Ficha técnica
Título: El amanecer de un marido | Autor: Héctor Abad Faciolince | Editorial: Seix Barral | Colección: Biblioteca breve | Género: Novela | ISBN: 9788432212840 | Código: 915213 | Páginas: 224 | Formato: 13,3 x 23 cm. | Encuadernación: Rústica con solapas | PVP: 18,00 € | Publicación: 6 de Abril 2010
El amanecer de un marido
Héctor Abad Faciolince
El amor y el deseo de los primeros años de matrimonio terminan por extinguirse y en su lugar van apareciendo los silencios, las mentiras, un cariño soso que sabe a poco y la infidelidad. Con sus secretos a cuestas y sus verdades afiladas como cuchillos, los personajes de este libro se parecen más a la realidad que a la ficción. Y por eso sus historias hieren. El amanecer de un marido es una recreación honesta, y no por ello menos dolorosa, del tedio que se instala entre dos personas después de años de convivencia. En estas páginas, las relaciones maritales son retratadas en su ocaso desde una mirada sensible y con la violencia en Colombia como telón de fondo, como ya ocurría en El olvido que seremos.
ÁLBUM
Todos los jueves almuerzo con mi madre. Por mucho tiempo ella ha estado viviendo en una residencia para ancianos, donde dispone de un pequeño apartamento. Cada jueves, llueva o truene, llego un poco después del mediodía y charlamos un rato. A la una nos sentamos en el comedor, una mesita estrecha al lado de la ventana que da al patio. Soy el único invitado, pero ella pone la mesa como si viniera a comer quién sabe quién: mantel y servilletas de lino blanco, bordados; cubiertos de plata; vasos de cristal, dos pequeños, para el vino, y dos grandes, siempre llenos de agua helada. La vajilla -de Limoges, con el borde dorado y el monograma de Palacio- es la mejor que tiene (la otra, la de diario, es de plástico). Sólo la usa los jueves, cuando vengo yo, y en todo caso no podría usarla si hubiera más convidados, pues casi todos los platos se quebraron y apenas quedan piezas para dos comensales.

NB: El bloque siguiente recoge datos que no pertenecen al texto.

//! Reads the arguments of a call. The row of the call was checked before, so nothing here checks a type again: an argument of another type
//! counts as absent.
ghost use Rattle.std.specs.Prelude.{◌≡◌, IfOk, drop, map, option_map, string_bytes};
ghost use Rattle.values.specs.Data.{text_in};
ghost use Rattle.values.specs.Prelude.{data_of};
ghost use Rattle.arguments.specs.Arguments.{arguments_data, named_data};
ghost use Rattle.arguments.specs.Given.{argument, flag, flag_at, integer_of, keyword, of_boolean};
ghost use Rattle.arguments.specs.Given.{of_feature, requirement, requirement_in, text_at, text_given, text_of, text_or, texts};
ghost use Rattle.arguments.specs.Given.{texts_from};
ghost use Rattle.values.specs.Flat.{flat_all};
ghost use Rattle.arguments.specs.Row.{value_named};

use crate::arguments::{Arguments, Named};
use std::alloc::{AllocError, Global};
use support::text_lists::strings;
use values::{Feature, Object, Text, Value, flat, flat_all};

/// Says what the keyword `required` says about something to be found.
#[derive(Clone, Copy)]
pub enum Requirement {
    /// It must be found.
    Required,
    /// It may be absent.
    Optional,
    /// It is not looked up.
    Disabled,
}

fn of_boolean(boolean: bool) -> Requirement
    ensures { result ≡ of_boolean boolean }
{
    if boolean {
        Requirement::Required
    } else {
        Requirement::Optional
    }
}

fn of_feature(feature: Feature) -> Requirement
    ensures { result ≡ of_feature feature }
{
    match feature {
        Feature::Enabled => Requirement::Required,
        Feature::Auto => Requirement::Optional,
        Feature::Disabled => Requirement::Disabled,
    }
}

fn requirement_of(value: &Value) -> Option<Requirement>
    ensures { result ≡ requirement_in (data_of value.now) }
{
    match value {
        Value::Boolean(boolean) => Some(of_boolean(*boolean)),
        Value::Object(object) => match &**object {
            Object::Feature(feature) => Some(of_feature(*feature)),
            _ => None,
        },
        _ => None,
    }
}

/// Returns the value of the first argument with this name, and `None` if there is none.
pub fn value_named<'a>(name: &str, named: &'a [Named]) -> Option<&'a Value>
    ensures { option_map (λ v. data_of v.now) result ≡ value_named name.now (map named_data named.now) }
{
    for one in named {
        if one.name.as_str() == name {
            return Some(&one.value);
        }
    }
    None
}

// Returns the bytes of a text, and `None` for any other value.
fn bytes_of(value: &Value) -> Option<&str>
    ensures { option_map (λ t. t.now) result ≡ text_in (data_of value.now) }
{
    match value {
        Value::Text(text) => Some(text.as_str()),
        _ => None,
    }
}

/// Returns the values from an index on, and none past the last.
pub fn behind(values: &[Value], place: usize) -> &[Value]
    ensures { result.now ≡ drop place values.now }
{
    if place < values.len() {
        &values[place..]
    } else {
        &[]
    }
}

impl Arguments {
    /// Returns the positional argument at an index, and `None` if there is none.
    pub fn argument(&self, place: usize) -> Option<&Value>
        ensures { option_map (λ v. data_of v.now) result ≡ argument place (arguments_data self.now) }
    {
        self.positional.get(place)
    }

    /// Returns the value of a keyword, and `None` if it is absent.
    pub fn keyword(&self, name: &str) -> Option<&Value>
        ensures { option_map (λ v. data_of v.now) result ≡ keyword name.now (arguments_data self.now) }
    {
        value_named(name, &self.named)
    }

    /// Returns the text at an index, and `""` if there is none.
    pub fn text_at(&self, place: usize) -> &str
        ensures { result.now ≡ text_at place (arguments_data self.now) }
    {
        match self.argument(place) {
            Some(value) => bytes_of(value).unwrap_or(""),
            None => "",
        }
    }

    /// Returns the text at an index, and the default if there is none.
    pub fn text_or<'s>(&'s self, place: usize, default: &'s str) -> &'s str
        ensures { result.now ≡ text_or place default.now (arguments_data self.now) }
    {
        match self.argument(place) {
            Some(value) => bytes_of(value).unwrap_or(default),
            None => default,
        }
    }

    /// Returns the boolean at an index, and the default if there is none.
    pub fn flag_at(&self, place: usize, default: bool) -> bool
        ensures { result ≡ flag_at place default (arguments_data self.now) }
    {
        match self.argument(place) {
            Some(value) => value.as_boolean().unwrap_or(default),
            None => default,
        }
    }

    /// Returns the text of a keyword, and `""` if it is absent.
    pub fn text(&self, name: &str) -> &str
        ensures { result.now ≡ text_of name.now (arguments_data self.now) }
    {
        match self.keyword(name) {
            Some(value) => bytes_of(value).unwrap_or(""),
            None => "",
        }
    }

    /// Returns the text of a keyword, and `None` if it is absent.
    pub fn text_given(&self, name: &str) -> Option<&Text>
        ensures { option_map (λ t. t.now) result ≡ text_given name.now (arguments_data self.now) }
    {
        match self.keyword(name) {
            Some(value) => value.as_text(),
            None => None,
        }
    }

    /// Returns the boolean of a keyword, and the default if it is absent.
    pub fn flag(&self, name: &str, default: bool) -> bool
        ensures { result ≡ flag name.now default (arguments_data self.now) }
    {
        match self.keyword(name) {
            Some(value) => value.as_boolean().unwrap_or(default),
            None => default,
        }
    }

    /// Returns the integer of a keyword, and the default if it is absent.
    pub fn integer(&self, name: &str, default: i128) -> i128
        ensures { result ≡ integer_of name.now default (arguments_data self.now) }
    {
        match self.keyword(name) {
            Some(value) => value.as_integer().unwrap_or(default),
            None => default,
        }
    }

    /// Returns the texts of a keyword, with lists flattened, and none if it is absent.
    pub fn texts(&self, alloc: Global, name: &str) -> Result<Vec<String>, AllocError>
        ensures { IfOk result (λ v. map string_bytes v.items ≡ texts name.now (arguments_data self.now)) }
    {
        match self.keyword(name) {
            Some(value) => strings(alloc, &flat(alloc, value)?),
            None => Ok(Vec::new(alloc)),
        }
    }

    /// Returns the texts in the positional arguments, with lists flattened.
    pub fn all_texts(&self, alloc: Global) -> Result<Vec<&str>, AllocError>
        ensures { IfOk result (λ v. map (λ t. t.now) v.items ≡ flat_all (map data_of self.now.positional.items)) }
    {
        flat_all(alloc, &self.positional)
    }

    /// Returns the texts in the positional arguments from an index on, with lists flattened.
    pub fn texts_behind(&self, alloc: Global, place: usize) -> Result<Vec<&str>, AllocError>
        ensures { IfOk result (λ v. map (λ t. t.now) v.items ≡ texts_from place (arguments_data self.now)) }
    {
        flat_all(alloc, behind(&self.positional, place))
    }

    /// Returns what the keyword `required` says, and the default if it is absent.
    pub fn requirement(&self, default: Requirement) -> Requirement
        ensures { result ≡ requirement default (arguments_data self.now) }
    {
        match self.keyword("required") {
            Some(value) => requirement_of(value).unwrap_or(default),
            None => default,
        }
    }
}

Mi madre planea el menú desde el martes y encarga por teléfono los ingredientes; si hay que aliñar la carne o marinar algo con tiempo, empieza a hacerlo desde el miércoles, en la cocina de la residencia. Prepara siempre un banquete; las recetas las toma de un cuaderno amarillento escrito de su puño y letra hace ya muchos años, durante el tiempo en que vivía con su padre. Las instrucciones para cada plato son precisas en las cantidades y muy detalladas en el procedimiento. Son las viejas recetas que mi madre les vio hacer paso por paso a las cocineras de Palacio. Poco antes de la una, mi madre va hasta la cocina, trae las fuentes en un carrito de ruedas y las pone sobre bandejas de plata marcadas con el mismo monograma de la vajilla. Entre las bandejas y las fuentes pone también una carpeta de lino, tan blanca como el mantel, y del mismo bordado. Mientras comemos, seguimos conversando. Dedicamos un rato a comentar el sabor y la calidad del almuerzo. Con el pretexto de que es bueno para el colesterol, tomamos siempre vino tinto. Éste lo llevo yo, porque mi madre no podría permitírselo. Si algo queda, ella se lo toma a lo largo de la semana.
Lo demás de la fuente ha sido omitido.